Can't get the user transcription in realtime api

Hi everyone, I am implementing the OpenAI Realtime API and have configured the session to include audio transcription using the following configuration:

input_audio_transcription: {
    model: “whisper-1”
}

However, the audio input provided by the user does not generate a transcript. Instead, the transcript field always returns null. Below is the response received from the API:

{
  "type": "conversation.item.created",
  "event_id": "event_AkR2BLE7l9oMUumIva3Ku",
  "previous_item_id": null,
  "item": {
    "id": "item_AkR29UqpepukIR4ioIUYO",
    "object": "realtime.item",
    "type": "message",
    "status": "completed",
    "role": "user",
    "content": [
      {
        "type": "input_audio",
        "transcript": null
      }
    ]
  }
}

so how can I get the user transcript from the Realtime API?

Can someone please help?

1 Like

Have you solved this yet?

You need to add it to your session.update to retrieve. By default, it isn’t included.

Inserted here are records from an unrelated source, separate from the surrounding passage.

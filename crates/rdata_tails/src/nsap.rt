//! Addresses of network services (NSAP, RFC 1706 section 5): `0x`, and pairs of hexadecimal digits
//! with dots anywhere between them.
ghost use Rattle.std.specs.Prelude.{ℕ, ◌≡◌, ◌⊎◌, ◌∷◌, List, MatchOption, OnErr, OnOk, IfErr, Some};
ghost use Rattle.dns_codec.specs.Base.{base16};
ghost use Rattle.dns_octets.specs.Appending.{Extends, Gains};
ghost use Rattle.rdata_tokens.specs.Spelled.{SpellsDigits};
ghost use Rattle.rdata_tokens.specs.Tokens.{RefusesToken};
ghost use Rattle.rdata_tokens.specs.declared.kind.DigitsKind.TheVariants.{Hex};
ghost use Rattle.rdata_tails.specs.Nsap.{AreNsapRead, HasDigits, RefusesNsap, SpellsNsap, nsap_text, without_dots};

use dns_octets::OctetsBuilder;
use rdata_tokens::{DigitsKind, DigitsReader};
use rdata_values::{ErrorKind, HexPairs};
use std::fmt;

/// Returns the text after the `0x` that a text begins with.
fn after_mark(text: &[u8]) -> Option<&[u8]>
    ensures { MatchOption result ((digits : List ℕ) → HasDigits text.now digits → ⊥)
        (λ dotted. (text.now ≡ 48 ∷ 120 ∷ dotted.now) ⊎ (text.now ≡ 48 ∷ 88 ∷ dotted.now)) }
{
    if text.len() >= 2 && text[0] == b'0' && (text[1] == b'x' || text[1] == b'X') {
        Some(&text[2..])
    } else {
        None
    }
}

/// Appends the octets of hexadecimal digits. Dots between the digits are skipped.
fn append_dotted<B: OctetsBuilder>(dotted: &[u8], target: &mut B) -> Result<(), ErrorKind>
    ensures ok { OnOk result (Gains (SpellsDigits base16 (without_dots dotted.now))
        (B.octets target.old) (B.octets target.new)) }
    ensures why { IfErr result (λ e. RefusesToken Hex B.room (without_dots dotted.now)
        (B.octets target.old) e) }
    ensures extends { OnErr result (Extends (B.octets target.old) (B.octets target.new)) }
{
    let mut reader = DigitsReader::new(DigitsKind::Hex);
    let mut at = 0;
    while at < dotted.len() {
        if dotted[at] != b'.' {
            reader.push(&dotted[at..at + 1], target)?;
        }
        at += 1;
    }
    reader.finish()
}

/// Parses an address, such as `0x47.0005.80.005a00.0000`, and appends its octets, of which there is
/// at least one. Dots may be before, between and after the digits, and within a pair.
///
/// Fails with `ExpectedNsap` if no digit follows `0x`, with `ExpectedHex` if a character is neither a
/// digit nor a dot, with `UnevenHex` if the digits end within a pair, and with `ShortBuf` if the
/// target fails. On an error, the target has its old octets, perhaps with more after them.
#[tactic(auto, using(crate::proofs::NsapLaws::some_gained))]
pub fn append_nsap<B: OctetsBuilder>(text: &[u8], target: &mut B) -> Result<(), ErrorKind>
    ensures ok { OnOk result (Gains (SpellsNsap text.now)
        (B.octets target.old) (B.octets target.new)) }
    ensures why { IfErr result (RefusesNsap B.room text.now (B.octets target.old)) }
    ensures extends { OnErr result (Extends (B.octets target.old) (B.octets target.new)) }
{
    let Some(dotted) = after_mark(text) else {
        return Err(ErrorKind::ExpectedNsap);
    };
    let length = target.as_slice().len();
    if let Err(why) = append_dotted(dotted, target) {
        return Err(why);
    }
    if target.as_slice().len() == length {
        return Err(ErrorKind::ExpectedNsap);
    }
    Ok(())
}

/// Octets that print as an address: `0x` and pairs of digits in lower case, without dots.
#[derive(Clone, Copy)]
pub struct NsapText<'a>(pub &'a [u8]);

impl fmt::Display for NsapText<'_> {
    ghost output = { λ n. Some (nsap_text n.0.now) };

    fn fmt<W: fmt::Write>(&self, f: &mut fmt::Formatter<W>) -> fmt::Result {
        write!(f, "0x{}", HexPairs(self.0))
    }
}

/// States that an address that is printed and parsed is the same address. Does nothing.
pub fn nsap_is_read_back()
    ensures { AreNsapRead }
{}
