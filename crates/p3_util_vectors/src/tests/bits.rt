//! Logarithms, powers, reversed digits and short names, compared with worked examples and the
//! original crate. The package's tests have more of the original's answers.

use crate::tests::checks::{equal, found, same};
use crate::tests::oracle::words::{LOGARITHMS, NAMES, POWERS, REVERSED_DIGITS, SUMS};
use p3_util::{
    assert_clone, branch_hint, checked_log_size_sum, checked_pow2, indices_arr, is_power_of_three,
    log2_ceil_u64, log2_ceil_usize, log2_floor_usize, log2_strict_usize, log3_strict_usize,
    pretty_name, reverse_bits, reverse_bits_len,
};

#[test]
fn logarithms_and_powers(rt: HostRuntime) {
    for &(n, ceil, floor) in &LOGARITHMS {
        same(&rt, n, &log2_ceil_usize(n), &ceil);
        same(&rt, n, &log2_floor_usize(n), &floor);
        same(&rt, n, &log2_ceil_u64(n as u64), &(ceil as u64));
        if n.is_power_of_two() {
            same(&rt, n, &log2_strict_usize(n), &floor);
        }
    }
    // The powers of three, of which 41 fit in a `usize`, and numbers next to them.
    let mut power = 1usize;
    for exponent in 0..=40usize {
        assert!(rt; is_power_of_three(power));
        same(&rt, power, &log3_strict_usize(power), &exponent);
        power = power.wrapping_mul(3);
    }
    assert!(rt; is_power_of_three(243) && is_power_of_three(12_157_665_459_056_928_801));
    for &n in &[0, 2, 4, 6, 9_223_372_036_854_775_808, usize::MAX] {
        same(&rt, n, &is_power_of_three(n), &false);
    }
    for &(exponent, power) in &POWERS {
        same(&rt, exponent, &checked_pow2(exponent), &power);
    }
    for &(a, b, sum) in &SUMS {
        same(&rt, a, &checked_log_size_sum(a, b), &sum);
    }
}

#[test]
fn digits_and_names(rt: HostRuntime) {
    for &(x, bit_len, reversed) in &REVERSED_DIGITS {
        assert!(rt; bit_len <= 64);
        same(&rt, x, &reverse_bits_len(x, bit_len), &reversed);
        if bit_len < 64 {
            same(&rt, x, &reverse_bits(x, 1 << bit_len), &reversed);
        }
    }
    for (row, (name, short)) in NAMES.iter().enumerate() {
        let got = found(&rt, pretty_name(rt.alloc(), name));
        same(&rt, row, &got.as_str(), short);
    }
    equal(&rt, &indices_arr::<3>(), &[0, 1, 2]);
    equal(&rt, &indices_arr::<0>(), &[]);
    branch_hint();
    assert_clone::<u64>();
}
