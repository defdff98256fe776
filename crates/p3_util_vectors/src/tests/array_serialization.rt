//! Arrays as JSON lists: worked examples with values that are read from JSON text.

use crate::elements::{NoTwo, Two};
use crate::tests::checks::{equal, found};
use p3_util::array_serialization::ArrayError::{Element, Length, NotArray};
use p3_util::array_serialization::ElementError::{Float, Kind, Memory, Range};
use p3_util::array_serialization::{
    ArrayElement, ArrayError, ElementError, deserialize, serialize,
};
use serde_json::Value;
use std::alloc::Global;
use std::fmt::Debug;
use std::process::Abort;

type Read<T, const N: usize> = Result<[T; N], ArrayError>;

/// The result if the item at `index` is refused.
fn refused<T, const N: usize>(index: usize, cause: ElementError) -> Read<T, N> {
    Err(Element { index, cause })
}

/// Asserts what is read from a JSON text.
fn check_read<T: ArrayElement + PartialEq + Debug + Drop, const N: usize>(
    rt: &impl Abort,
    alloc: Global,
    text: &str,
    wanted: Read<T, N>,
) {
    match Value::from_str(alloc, text) {
        Ok(value) => equal(rt, &deserialize::<T, N>(alloc, &value), &wanted),
        Err(_) => panic!(rt; "{text} is no JSON"),
    }
}

/// Asserts that an array is written as `text`.
fn check_written<T: ArrayElement, const N: usize>(
    rt: &impl Abort,
    alloc: Global,
    items: &[T; N],
    text: &str,
) {
    let value = found(rt, serialize(alloc, items));
    equal(rt, &found(rt, value.to_string(alloc)).as_str(), &text);
}

/// The same, and that it is read back.
fn check_both_ways<T: ArrayElement + PartialEq + Copy + Debug, const N: usize>(
    rt: &impl Abort,
    alloc: Global,
    items: [T; N],
    text: &str,
) {
    check_written(rt, alloc, &items, text);
    check_read(rt, alloc, text, Ok(items));
}

#[test]
fn lists_and_arrays(rt: HostRuntime) {
    let alloc = rt.alloc();
    check_read::<u32, 3>(&rt, alloc, "[1,2]", Err(Length { got: 2 }));
    check_read::<u32, 3>(&rt, alloc, "[1,\"x\"]", refused(1, Kind));
    check_read::<u32, 3>(&rt, alloc, "[1,2,3,\"x\"]", Err(Length { got: 4 }));
    check_read::<u32, 3>(&rt, alloc, "[1.5,2,3]", refused(0, Float));
    check_read::<u32, 3>(&rt, alloc, "[4294967296,0,0]", refused(0, Range));
    check_read::<u32, 3>(&rt, alloc, "{}", Err(NotArray));
    check_read::<u32, 3>(&rt, alloc, "[10,20,30]", Ok([10, 20, 30]));
    check_read::<u32, 0>(&rt, alloc, "[]", Ok([]));
    check_read::<u32, 0>(&rt, alloc, "[1]", Err(Length { got: 1 }));
    check_read::<u32, 2>(&rt, alloc, "[]", Err(Length { got: 0 }));
    check_read::<NoTwo, 3>(&rt, alloc, "[1,2,3]", refused(1, Memory));
    check_read::<u64, 1>(&rt, alloc, "[-1]", refused(0, Range));
    check_read::<i64, 1>(&rt, alloc, "[-1]", Ok([-1]));
    check_read::<i64, 1>(&rt, alloc, "[9223372036854775808]", refused(0, Range));
    check_read::<bool, 1>(&rt, alloc, "[1.0]", refused(0, Float));
    check_read::<bool, 2>(&rt, alloc, "[true,1]", refused(1, Kind));
    check_both_ways(&rt, alloc, [10u32, 20, 30], "[10,20,30]");
    check_both_ways::<u32, 0>(&rt, alloc, [], "[]");
    check_both_ways(&rt, alloc, [0, u64::MAX], "[0,18446744073709551615]");
    check_both_ways(&rt, alloc, [i64::MIN, 7], "[-9223372036854775808,7]");
    check_both_ways(&rt, alloc, [true, false], "[true,false]");
    check_written(&rt, alloc, &[Two(1, 2), Two(3, 4)], "[[1,2],[3,4]]");
}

Here’s an example:

/*****************************************

  • CONFIGURE DATA FOR DATA CHANNEL   *
    

*****************************************/
function configureData() {
const event = {
type: ‘session.update’,
session: {
modalities: [‘text’, ‘audio’],
tools: [
{ type: ‘function’, name: ‘functionOne’, description: ‘Function one description’ },
{ type: ‘function’, name: ‘functionTwo’, description: ‘Function two description’ },
{ type: ‘function’, name: ‘functionThree’, description: ‘Function three description’ },
{
type: ‘function’,
name: ‘functionFour’,
description: ‘Function four description’,
},
{
type: ‘function’,
name: ‘functionFive’,
description: ‘Handles text from AI response’,
},
],
input_audio_transcription: {
model: ‘whisper-1’,
},
},
};

if (dataChannel && dataChannel.readyState === 'open') {
  dataChannel.send(JSON.stringify(event));
  console.log('Session update sent.');
}

}

**NOTE: You don’t need the functions however, this shows how you would include them

Also, you need to pull the Assistant and User audio/text from the logs and display them in your UI if you want them visually logged for the user.